◆ About this exercise: The answer must be a single number: how many lines in the entries below contain the word "further".

◆ Supplied entries:
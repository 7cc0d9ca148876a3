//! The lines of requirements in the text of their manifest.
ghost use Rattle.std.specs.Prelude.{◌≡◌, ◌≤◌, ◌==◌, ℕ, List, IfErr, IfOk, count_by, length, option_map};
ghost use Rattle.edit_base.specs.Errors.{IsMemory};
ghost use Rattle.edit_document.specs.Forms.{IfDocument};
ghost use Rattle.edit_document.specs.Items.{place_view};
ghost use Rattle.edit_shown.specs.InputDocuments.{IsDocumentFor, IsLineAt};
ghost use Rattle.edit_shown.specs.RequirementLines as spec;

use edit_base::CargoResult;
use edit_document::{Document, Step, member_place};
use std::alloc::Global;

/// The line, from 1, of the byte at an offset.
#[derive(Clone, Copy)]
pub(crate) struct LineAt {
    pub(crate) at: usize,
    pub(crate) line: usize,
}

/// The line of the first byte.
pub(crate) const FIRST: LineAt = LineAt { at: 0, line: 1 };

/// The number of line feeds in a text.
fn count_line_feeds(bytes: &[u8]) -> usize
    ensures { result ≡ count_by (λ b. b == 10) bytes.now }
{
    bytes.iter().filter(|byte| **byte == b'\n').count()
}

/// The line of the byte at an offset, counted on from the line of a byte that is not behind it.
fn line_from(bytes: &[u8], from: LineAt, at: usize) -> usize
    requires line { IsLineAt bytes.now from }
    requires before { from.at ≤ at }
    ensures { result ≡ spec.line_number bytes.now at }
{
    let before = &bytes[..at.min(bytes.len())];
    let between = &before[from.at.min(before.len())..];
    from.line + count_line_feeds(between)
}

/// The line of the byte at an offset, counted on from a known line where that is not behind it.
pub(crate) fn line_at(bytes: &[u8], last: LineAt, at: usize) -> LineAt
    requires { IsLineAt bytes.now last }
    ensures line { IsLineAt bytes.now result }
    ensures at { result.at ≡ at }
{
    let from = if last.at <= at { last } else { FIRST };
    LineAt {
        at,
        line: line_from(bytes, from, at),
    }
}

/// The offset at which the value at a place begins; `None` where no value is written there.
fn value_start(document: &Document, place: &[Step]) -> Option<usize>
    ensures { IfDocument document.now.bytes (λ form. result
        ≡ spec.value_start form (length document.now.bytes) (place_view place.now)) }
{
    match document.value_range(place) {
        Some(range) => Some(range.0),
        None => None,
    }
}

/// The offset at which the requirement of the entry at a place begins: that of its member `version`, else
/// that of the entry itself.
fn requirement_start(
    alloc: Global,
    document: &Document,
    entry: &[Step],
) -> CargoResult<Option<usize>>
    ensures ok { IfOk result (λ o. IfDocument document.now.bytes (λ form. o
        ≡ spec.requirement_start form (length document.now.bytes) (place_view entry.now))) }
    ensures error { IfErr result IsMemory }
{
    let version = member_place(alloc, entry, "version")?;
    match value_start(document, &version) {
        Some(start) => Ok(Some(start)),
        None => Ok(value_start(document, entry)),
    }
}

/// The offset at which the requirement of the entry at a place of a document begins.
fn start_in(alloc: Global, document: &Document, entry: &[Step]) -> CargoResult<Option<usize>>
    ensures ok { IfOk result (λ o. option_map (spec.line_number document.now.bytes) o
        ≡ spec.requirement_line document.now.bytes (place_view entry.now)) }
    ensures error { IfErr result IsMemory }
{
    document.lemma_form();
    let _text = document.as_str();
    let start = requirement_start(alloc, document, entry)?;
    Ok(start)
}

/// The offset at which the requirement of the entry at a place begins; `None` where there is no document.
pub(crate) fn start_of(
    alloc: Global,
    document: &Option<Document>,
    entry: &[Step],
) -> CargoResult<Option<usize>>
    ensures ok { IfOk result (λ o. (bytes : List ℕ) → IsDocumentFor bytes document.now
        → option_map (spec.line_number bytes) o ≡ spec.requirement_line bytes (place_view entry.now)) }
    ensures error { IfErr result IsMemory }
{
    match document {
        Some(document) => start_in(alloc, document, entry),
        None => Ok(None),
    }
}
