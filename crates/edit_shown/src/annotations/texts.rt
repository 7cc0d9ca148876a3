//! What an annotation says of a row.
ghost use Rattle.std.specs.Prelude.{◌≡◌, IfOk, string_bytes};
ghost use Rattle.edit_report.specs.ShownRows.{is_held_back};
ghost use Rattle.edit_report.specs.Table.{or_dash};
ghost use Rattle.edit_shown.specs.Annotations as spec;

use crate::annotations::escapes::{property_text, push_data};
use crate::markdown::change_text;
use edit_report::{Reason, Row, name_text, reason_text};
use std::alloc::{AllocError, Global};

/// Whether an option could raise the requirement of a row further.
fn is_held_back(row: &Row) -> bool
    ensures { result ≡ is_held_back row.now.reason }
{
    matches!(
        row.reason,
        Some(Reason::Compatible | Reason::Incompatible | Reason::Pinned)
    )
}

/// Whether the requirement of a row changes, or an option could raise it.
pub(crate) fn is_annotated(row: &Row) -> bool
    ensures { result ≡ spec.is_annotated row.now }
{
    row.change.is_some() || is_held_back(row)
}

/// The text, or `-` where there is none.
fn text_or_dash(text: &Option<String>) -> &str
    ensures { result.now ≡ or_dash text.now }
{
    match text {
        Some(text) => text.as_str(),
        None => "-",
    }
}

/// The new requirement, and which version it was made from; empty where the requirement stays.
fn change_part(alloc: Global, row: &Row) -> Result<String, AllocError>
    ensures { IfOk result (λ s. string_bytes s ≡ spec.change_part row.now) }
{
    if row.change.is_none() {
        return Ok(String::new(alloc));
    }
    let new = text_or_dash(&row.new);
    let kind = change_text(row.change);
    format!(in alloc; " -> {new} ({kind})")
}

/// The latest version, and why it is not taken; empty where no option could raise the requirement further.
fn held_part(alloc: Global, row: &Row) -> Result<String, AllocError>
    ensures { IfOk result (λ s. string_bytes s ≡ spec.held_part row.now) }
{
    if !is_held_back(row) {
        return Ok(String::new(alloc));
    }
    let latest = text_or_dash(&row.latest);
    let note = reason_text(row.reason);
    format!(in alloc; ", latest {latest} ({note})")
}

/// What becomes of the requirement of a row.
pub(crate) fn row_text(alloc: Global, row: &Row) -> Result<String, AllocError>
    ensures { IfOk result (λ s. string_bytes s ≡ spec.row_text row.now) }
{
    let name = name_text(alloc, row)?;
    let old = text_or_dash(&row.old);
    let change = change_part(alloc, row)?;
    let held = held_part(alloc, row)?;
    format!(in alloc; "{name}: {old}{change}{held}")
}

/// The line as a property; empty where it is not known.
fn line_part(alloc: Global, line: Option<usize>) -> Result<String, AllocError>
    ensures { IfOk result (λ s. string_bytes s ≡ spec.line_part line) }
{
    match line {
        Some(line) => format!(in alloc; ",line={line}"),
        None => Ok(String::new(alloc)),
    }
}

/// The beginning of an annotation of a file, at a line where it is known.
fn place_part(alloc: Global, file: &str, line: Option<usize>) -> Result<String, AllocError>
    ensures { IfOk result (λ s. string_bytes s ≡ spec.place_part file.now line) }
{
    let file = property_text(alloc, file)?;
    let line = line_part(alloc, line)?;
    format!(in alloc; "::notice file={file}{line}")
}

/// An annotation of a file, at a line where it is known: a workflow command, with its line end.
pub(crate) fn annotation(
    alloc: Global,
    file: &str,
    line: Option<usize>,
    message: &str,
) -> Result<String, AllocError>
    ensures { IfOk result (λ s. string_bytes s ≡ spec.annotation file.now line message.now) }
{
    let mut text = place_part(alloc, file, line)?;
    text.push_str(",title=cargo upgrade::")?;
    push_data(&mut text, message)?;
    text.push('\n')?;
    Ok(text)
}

◆ Result below: 2